### TASK STATEMENT
Return all lines from the listing below that include the word "Wrote".

### DATA EXTRACTS
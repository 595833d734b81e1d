// Checking every block of a library: what is printed.
ghost use Rattle.std.specs.Prelude.{◌≡◌, ◌/◌, Ok, length};
ghost use Rattle.blocks.specs.Block.{block_size};
ghost use Rattle.answer_text.specs.Answer.{Wrote};
ghost use Rattle.answer_text.specs.Going.{Appends};
ghost use Rattle.library.specs.Index.{index_of};
ghost use Rattle.library_text.specs.Lines.{cost_line};
ghost use Rattle.library_text.specs.Serves.{block_line, block_lines, good_text, check_text};

use crate::lines::put_number_line;
use answer_text::line::{put_labelled, put_last};
use blocks::BLOCK;
use library::index::judge_index;
use library::row::Row;
use library::survey::check_held;

// Writes the line of a damaged block.
fn put_cost(dst: &mut [u8], at: usize, k: usize, identifier: usize) -> Option<usize>
    ensures { Appends (cost_line k identifier) dst.old at dst.new result }
{
    let next = put_labelled(dst, at, b"block ", k as u64)?;
    put_last(dst, next, b" costs ", identifier as u64)
}

// Writes the line of block k where it is damaged.
fn put_block(dst: &mut [u8], at: usize, file: &[u8], count: usize, k: usize) -> Option<usize>
    requires { Ok count ≡ index_of file.now }
    ensures { Appends (block_line k file.now) dst.old at dst.new result }
{
    match check_held(file, count, k) {
        Ok(Some(identifier)) => put_cost(dst, at, k, identifier),
        Ok(None) => Some(at),
        Err(_) => Some(at),
    }
}

// Writes the lines of all damaged blocks.
fn put_blocks(dst: &mut [u8], at: usize, file: &[u8], count: usize) -> Option<usize>
    requires { Ok count ≡ index_of file.now }
    ensures { Appends (block_lines (length file.now / block_size) 0 file.now)
        dst.old at dst.new result }
{
    let total = file.len() / BLOCK;
    let mut end = at;
    for k in 0..total {
        end = put_block(dst, end, file, count, k)?;
    }
    Some(end)
}

// Writes what is printed of a library whose index is good and counts so many entries.
fn write_good(file: &[u8], count: usize, out: &mut [u8]) -> Option<usize>
    requires { Ok count ≡ index_of file.now }
    ensures { Wrote (good_text file.now) out.old out.new result }
{
    let at = put_number_line(out, 0)?;
    put_blocks(out, at, file, count)
}

// Writes which blocks of the file are damaged to the start of out.
pub(crate) fn write_check(file: &[u8], out: &mut [u8]) -> Option<usize>
    ensures { Wrote (check_text file.now) out.old out.new result }
{
    match judge_index(file) {
        Ok(count) => write_good(file, count, out),
        Err(error) => put_number_line(out, Row::from(error).number),
    }
}
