// One pass over the marked signs of a formula, from the first to the last.
ghost use Rattle.std.specs.Prelude.{◌≤◌, ◌≡◌, length};
ghost use Rattle.laying.specs.Laying.{SignComing, SignPassed, WholeBegins, begun_at, Roomy, LaysOut, LaidOut};

use crate::sign::{At, arc, bear, beside, close, move_on, open_group, owner, share};
use crate::table::{put_alternative, put_four};
use signs::word::{ATOM, FEATURE, GREATER, KIND, LEFT, OR, RIGHT, TOP};

// How many arcs, atoms and ties there are, and how many alternatives with the whole.
#[derive(Clone, Copy)]
pub struct Rows {
    pub arcs: u32,
    pub atoms: u32,
    pub ties: u32,
    pub alts: u32,
}

// A sign: none where it begins an alternative that is nested too deep.
fn sign(
    arcs: &mut [u32],
    atoms: &mut [u32],
    ties: &mut [u32],
    alts: &mut [u32],
    frames: &mut [u32],
    at: At,
    kind: u32,
    number: u32,
) -> Option<At>
    requires { SignComing (record { arcs = arcs.now; atoms = atoms.old; ties = ties.old; alts = alts.old; frames = frames.old })
        at (kind, number) }
    ensures { SignPassed (record {
      arcs = arcs.entry.now;
      atoms = atoms.old;
      ties = ties.old;
      alts = alts.old;
      frames = frames.old;
    }) at (kind, number) result
        (record {
          arcs = arcs.exit.now;
          atoms = atoms.new;
          ties = ties.new;
          alts = alts.new;
          frames = frames.new;
        }) }
{
    match kind {
        FEATURE => Some(arc(arcs, at, number)),
        ATOM => Some(bear(atoms, at, number)),
        TOP => {
            let one = bear(atoms, at, 0);
            Some(bear(atoms, one, 1))
        }
        GREATER => Some(share(ties, at)),
        LEFT => open_group(alts, frames, at, number),
        RIGHT => Some(close(frames, at)),
        OR => {
            let of = owner(frames, at.height);
            Some(beside(alts, at, of))
        }
        _ => Some(move_on(at, kind)),
    }
}

// The whole, 0, stands at the root and has no alternatives yet; one that has them begins the first.
fn begin(alts: &mut [u32], flagged: bool) -> At
    requires { 8 ≤ length alts.old }
    ensures { (result ≡ begun_at flagged) × WholeBegins alts.old flagged alts.new }
{
    let at = At {
        spots: 1,
        alts: 1,
        base: 0,
        home: 0,
        group: 0,
        depth: 0,
        cur: 0,
        start: 0,
        end: Some(0),
        bears: 0,
        ties: 0,
        height: 0,
    };
    put_four(alts, 0, 0, 0, 0, 0);
    if !flagged {
        return at;
    }
    put_alternative(alts, 1, 0, 1, 0);
    At {
        alts: 2,
        home: 1,
        group: 1,
        depth: 1,
        ..at
    }
}

// All signs; `flagged` tells whether the whole has alternatives: none for "21 over 4 disjunctions nested in the text".
pub fn lay(
    signs: &[u32],
    flagged: bool,
    arcs: &mut [u32],
    atoms: &mut [u32],
    ties: &mut [u32],
    alts: &mut [u32],
    frames: &mut [u32],
) -> Option<Rows>
    requires lays_out { LaysOut signs.now (length signs.now) flagged }
    requires roomy { Roomy (record { arcs = arcs.now; atoms = atoms.old; ties = ties.old; alts = alts.old; frames = frames.old }) }
    ensures { LaidOut signs.now (length signs.now) flagged result (record {
      arcs = arcs.exit.now;
      atoms = atoms.new;
      ties = ties.new;
      alts = alts.new;
      frames = frames.new;
    }) }
{
    let mut at = begin(alts, flagged);
    for word in signs {
        at = sign(
            arcs,
            atoms,
            ties,
            alts,
            frames,
            at,
            *word / KIND,
            *word % KIND,
        )?;
    }
    Some(Rows {
        arcs: at.spots - 1,
        atoms: at.bears,
        ties: at.ties,
        alts: at.alts,
    })
}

### EXPECTED ANSWER
ghost use Rattle.answer_text.specs.Answer.{Wrote};
    ensures { Wrote (good_text file.now) out.old out.new result }
    ensures { Wrote (check_text file.now) out.old out.new result }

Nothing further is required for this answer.